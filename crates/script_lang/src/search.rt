//! Searches a script for a byte, 32 bytes at a time.

ghost use Rattle.std.specs.Prelude.{◌≡◌, ◌+◌, ◌<◌, ◌≤◌, not, length};
ghost use Rattle.script_lang.specs.Places.{is_byte, first_place};
ghost use Rattle.script_lang.specs.Directives.{is_directive_mark};

use std::simd::prelude::*;

/// How many bytes are compared at once.
const LANES: usize = 32;

/// Returns the first offset of `byte` from `from` up to before `to`, else `to`.
#[inline(never)]
pub(crate) fn byte_from(text: &[u8], byte: u8, from: usize, to: usize) -> usize
    requires ordered { from ≤ to }
    requires inside { to ≤ length text.now }
    ensures place { result ≡ first_place (is_byte text.now byte) from to }
    ensures low { from ≤ result }
    ensures high { result ≤ to }
{
    let mut at = from;
    while to - at >= LANES {
        let place = byte_in_lanes(text, byte, at);
        if place < at + LANES {
            return place;
        }
        at += LANES;
    }
    byte_one_by_one(text, byte, at, to)
}

/// Does the same for the lanes from an offset on.
#[inline(always)]
fn byte_in_lanes(text: &[u8], byte: u8, at: usize) -> usize
    requires { at + LANES ≤ length text.now }
    ensures { result ≡ first_place (is_byte text.now byte) at (at + LANES) }
{
    let lanes = u8x32::from_slice(&text[at..]);
    let mask = lanes.simd_eq(u8x32::splat(byte)).to_bitmask();
    if mask == 0 {
        return at + LANES;
    }
    at + mask.trailing_zeros() as usize
}

/// Does the same for a few bytes, one by one.
#[inline(always)]
fn byte_one_by_one(text: &[u8], byte: u8, from: usize, to: usize) -> usize
    requires ordered { from ≤ to }
    requires inside { to ≤ length text.now }
    ensures place { result ≡ first_place (is_byte text.now byte) from to }
    ensures low { from ≤ result }
    ensures high { result ≤ to }
{
    for at in from..to {
        if text[at] == byte {
            return at;
        }
    }
    to
}

/// Returns the first offset of another byte than `byte` from `from` up to before `to`, else `to`.
#[inline(always)]
pub(crate) fn other_from(text: &[u8], byte: u8, from: usize, to: usize) -> usize
    requires ordered { from ≤ to }
    requires inside { to ≤ length text.now }
    ensures place { result ≡ first_place (λ p. not (is_byte text.now byte p)) from to }
    ensures low { from ≤ result }
    ensures high { result ≤ to }
{
    for at in from..to {
        if text[at] != byte {
            return at;
        }
    }
    to
}

/// Returns whether `%!` is at the offset.
#[inline(always)]
pub(crate) fn is_mark_at(text: &[u8], at: usize) -> bool
    requires { at < length text.now }
    ensures { result ≡ is_directive_mark text.now at }
{
    text[at] == b'%' && text.len() - at > 1 && text[at + 1] == b'!'
}

/// Returns the first offset of `%!` from `from` up to before `to`, else `to`.
#[inline(always)]
pub(crate) fn mark_from(text: &[u8], from: usize, to: usize) -> usize
    requires ordered { from ≤ to }
    requires inside { to ≤ length text.now }
    ensures place { result ≡ first_place (is_directive_mark text.now) from to }
    ensures low { from ≤ result }
    ensures high { result ≤ to }
{
    let mut at = from;
    while at < to {
        at = byte_from(text, b'%', at, to);
        if at == to || is_mark_at(text, at) {
            return at;
        }
        at += 1;
    }
    to
}
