//! Reads the pieces of a script, from any offset at which a piece can begin.

ghost use Rattle.std.specs.Prelude.{◌≡◌, ◌+◌, ◌<◌, ◌≤◌, ◌↔◌, ◌∷◌, [], length, nat_lt, IsTrue, IsNone, IfSome, MatchOption};
ghost use Rattle.script_lang.specs.Prelude.{IsPlace, is_directive_mark, before_cr, directive_within};
ghost use Rattle.script_lang.specs.Prelude.{piece_by, pieces_by, pieces_from, run_end, LiesWithin};

use crate::calls::Calls;
use crate::piece::{Found, FoundOf, PieceOf};
use crate::search::{byte_from, is_mark_at, mark_from, other_from};
use crate::words::word_in;

/// Returns the piece at `at`, or `None` at the end of the text. `at` is in a text run or at its end, at the start of a
/// directive, or the length of the text. Inside a text run the piece is the rest of the run.
#[inline(always)]
pub fn next_piece_of<F: Calls>(text: &[u8], at: usize) -> Option<FoundOf<F>>
    requires { IsPlace text.now at }
    ensures none { IsNone result ↔ (at ≡ length text.now) }

    // Read from offset to offset, these are the pieces of the whole text.
    ensures pieces { MatchOption result (pieces_by F.calling.named text.now at ≡ [])
        (λ found. pieces_by F.calling.named text.now at ≡ found ∷ pieces_by F.calling.named text.now found.next) }
    ensures within { IfSome result (λ found. LiesWithin (length text.now) found.piece) }
    ensures next { IfSome result (λ found. (at < found.next) × IsPlace text.now found.next) }
{
    if at == text.len() {
        return None;
    }
    Some(piece_from::<F>(text, at))
}

/// Does the same for a script that calls the functions of uIP.
#[inline(always)]
pub fn next_piece(text: &[u8], at: usize) -> Option<Found>
    requires { IsPlace text.now at }
    ensures none { IsNone result ↔ (at ≡ length text.now) }

    // Read from offset to offset, these are the pieces of the whole text.
    ensures pieces { MatchOption result (pieces_from text.now at ≡ [])
        (λ found. pieces_from text.now at ≡ found ∷ pieces_from text.now found.next) }
    ensures within { IfSome result (λ found. LiesWithin (length text.now) found.piece) }
    ensures next { IfSome result (λ found. (at < found.next) × IsPlace text.now found.next) }
{
    next_piece_of(text, at)
}

/// Returns whether a text run continues for more than `count` bytes after `at`. It reads no byte further away.
#[inline(always)]
pub fn runs_past(text: &[u8], at: usize, count: usize) -> bool
    requires { at < length text.now }
    ensures { result ≡ nat_lt (at + count) (run_end text.now at) }
{
    if text.len() - at <= count {
        return false;
    }
    let end = at + count + 1;
    mark_from(text, at, end) == end
}

/// Returns the piece at `at`.
#[inline(always)]
fn piece_from<F: Calls>(text: &[u8], at: usize) -> FoundOf<F>
    requires { at < length text.now }
    ensures piece { result ≡ piece_by F.calling.named text.now at }
    ensures within { LiesWithin (length text.now) result.piece }
{
    if is_mark_at(text, at) {
        return directive_from::<F>(text, at);
    }
    let next = mark_from(text, at, text.len());
    let piece = PieceOf::Text { at, len: next - at };
    FoundOf { piece, next }
}

/// Returns the directive that begins at `at`.
#[inline(always)]
fn directive_from<F: Calls>(text: &[u8], at: usize) -> FoundOf<F>
    requires mark { IsTrue (is_directive_mark text.now at) }
    requires inside { at + 2 ≤ length text.now }
    ensures piece { result ≡ piece_by F.calling.named text.now at }
    ensures within { LiesWithin (length text.now) result.piece }
{
    let inner = at + 2;
    let stop = byte_from(text, b'\n', inner, text.len());
    let end = without_cr(text, inner, stop);
    let piece = directive_in::<F>(text, inner, end);
    let next = text.len().min(stop + 1);
    FoundOf { piece, next }
}

/// Returns the end of the inner part that begins at `from`, if its line ends at `stop`: there, or at the CR before it.
#[inline(always)]
fn without_cr(text: &[u8], from: usize, stop: usize) -> usize
    requires ordered { from ≤ stop }
    requires inside { stop ≤ length text.now }
    ensures end { result ≡ before_cr text.now from stop }
    ensures low { from ≤ result }
    ensures high { result ≤ stop }
{
    if from < stop && text[stop - 1] == b'\r' {
        return stop - 1;
    }
    stop
}

/// Returns the directive with the inner part from `from` up to before `to`.
#[inline(always)]
fn directive_in<F: Calls>(text: &[u8], from: usize, to: usize) -> PieceOf<F>
    requires ordered { from ≤ to }
    requires inside { to ≤ length text.now }
    ensures piece { result ≡ directive_within F.calling.named text.now from to }
    ensures within { LiesWithin (length text.now) result }
{
    if from < to && text[from] == b':' {
        let name = word_in(text, from + 1, to);
        return PieceOf::Include {
            at: name.at,
            len: name.len,
        };
    }
    let start = other_from(text, b' ', from, to);
    let end = byte_from(text, b' ', start, to);
    let function = F::named(&text[start..end]);
    let argument = word_in(text, end, to);
    PieceOf::Call {
        function,
        at: argument.at,
        len: argument.len,
    }
}
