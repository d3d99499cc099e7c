// Each call of the shelf, of the link and of the sink fails in turn, from the first one until none fails. The answer to a
// datagram is written before the link is read again.
use crate::ether_tests::{ETHER, REPLY, REQUEST};
use crate::harness::{IMAGE, Trial, both_of, bytes_of, words_of};
use crate::run::run;
use crate::status::Status;
use crate::tests::{ESCAPED_PING, ESCAPED_PONG, PING, SERVE};
use std::alloc::Global;
use std::cell::Cell;
use std::process::Abort;
use std::test::Fail;
use uip_edge::{Failed, Got, Link, MemShelf, Sink};

const PAGE: &[u8] =
    b"client 10.0.0.2 1025 0 536 get /\nopen 1\nround\nround\nround\nround\nround\nround\nround\nround\nround\n\
    round\nround\nround\n";

/// Checks that a run with a call that fails did what is due, and wrote a prefix of what it writes if none fails.
fn check(rt: &impl Abort, alloc: Global, trial: &Trial<'_, '_>) -> Result<(), Fail> {
    let ran = trial.run(alloc, 1)?;
    assert_eq!(rt; ran.status, trial.status);
    let text = ran.out.written();
    assert!(rt; trial.output.starts_with(text));
    match ran.status {
        Status::Done => assert!(rt; text.len() == trial.output.len()),
        Status::ShelfFault => assert!(rt; text.is_empty()),
        _ => {}
    }
    Ok(())
}

fn due(call: u64, calls: u64, status: Status) -> Status {
    if call <= calls { status } else { Status::Done }
}

/// [add: command] A trial of a command, of which each call fails in turn.
#[test]
fn each_call_fails_in_turn(rt: HostRuntime) -> Result<(), Fail> {
    let alloc = rt.alloc();
    let (ping, pong) = both_of(alloc, &[ESCAPED_PING], &[ESCAPED_PONG])?;
    let (request, replied) = both_of(alloc, &[REQUEST], &[REPLY])?;
    let replayed = Trial {
        i: PAGE,
        ..Trial::new(
            &["replay", "h", "i"],
            &ping,
            b"client 1 closed 86 clean\nticks 0 datagrams 8\n",
        )
    };
    let checked: &[u8] = b"/index.html 86\nfiles 1\n";
    // What is done, and how many calls of shelf, link and sink are made for it.
    let rows = [
        (Trial::new(&SERVE, &ping, &pong), 0, 35, 1),
        (
            Trial::new(&["serve", "h", "10.0.0.1"], &ping, &pong),
            2,
            35,
            1,
        ),
        (
            Trial::new(&["desk", "h", "10.0.0.1"], &ping, &pong),
            2,
            35,
            1,
        ),
        (Trial::new(&ETHER, &request, &replied), 0, 45, 1),
        (replayed, 4, 0, 2),
        (Trial::new(&["check", "h"], &ping, checked), 2, 0, 1),
        (
            Trial::new(&["pack", "/index.html=i"], &ping, IMAGE),
            2,
            0,
            1,
        ),
    ];
    for (trial, shelf, link, sink) in rows {
        for call in 1..50 {
            let shelf = Trial {
                shelf_fails: &[call],
                status: due(call, shelf, Status::ShelfFault),
                ..trial
            };
            check(&rt, alloc, &shelf)?;
            let link = Trial {
                link_fails: &[call],
                status: due(call, link, Status::LinkFault),
                ..trial
            };
            check(&rt, alloc, &link)?;
            let sink = Trial {
                sink_fails: &[call],
                status: due(call, sink, Status::WriteFault),
                ..trial
            };
            check(&rt, alloc, &sink)?;
        }
    }
    Ok(())
}

/// A line, a byte a call, that counts its reads.
#[derive(Drop)]
struct Counting<'a> {
    line: &'a [u8],
    asked: &'a Cell<usize>,
}

impl<'a> Link for Counting<'a> {
    ghost use Rattle.std.specs.Prelude.{None};

    ghost coming = { λ _. None };

    ghost faults = { λ _. 0 };

    fn next(&mut self, buf: &mut [u8]) -> Result<Got, Failed> {
        let at = self.asked.get();
        self.asked.set(at.saturating_add(1));
        match self.line.get(at) {
            Some(byte) => {
                buf[0] = *byte;
                Ok(Got::Bytes(1))
            }
            None => Ok(Got::End),
        }
    }
}

/// A sink that stores how often the line had been read at the first write and at the last.
#[derive(Drop)]
struct Noting<'a> {
    asked: &'a Cell<usize>,
    first: &'a Cell<usize>,
    last: &'a Cell<usize>,
}

impl<'a> Sink for Noting<'a> {
    ghost use Rattle.std.specs.Prelude.{None};

    ghost written = { λ _. None };

    ghost faults = { λ _. 0 };

    fn write(&mut self, piece: &[u8]) -> Result<usize, Failed> {
        if self.first.get() == 0 {
            self.first.set(self.asked.get());
        }
        self.last.set(self.asked.get());
        Ok(piece.len())
    }
}

#[test]
fn answers_before_it_asks_again(rt: HostRuntime) -> Result<(), Fail> {
    let alloc = rt.alloc();
    let words = words_of(alloc, &SERVE)?;
    let line = bytes_of(alloc, &[PING, PING])?;
    let (asked, first, last) = (Cell::new(0), Cell::new(0), Cell::new(0));
    let mut shelf = MemShelf::new(Vec::new(alloc), Vec::new(alloc));
    let mut link = Counting {
        line: &line,
        asked: &asked,
    };
    let mut out = Noting {
        asked: &asked,
        first: &first,
        last: &last,
    };
    let status = run(alloc, &words, &mut shelf, &mut link, &mut out);
    assert_eq!(rt; status, Status::Done);
    assert!(rt; first.get() == 30);
    assert!(rt; last.get() == 60);
    Ok(())
}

PROBLEM DESCRIPTION:
Search the records line by line for the word "index" and copy every line where it appears.

RESULT OF THIS EXERCISE:
    let checked: &[u8] = b"/index.html 86\nfiles 1\n";
            Trial::new(&["pack", "/index.html=i"], &ping, IMAGE),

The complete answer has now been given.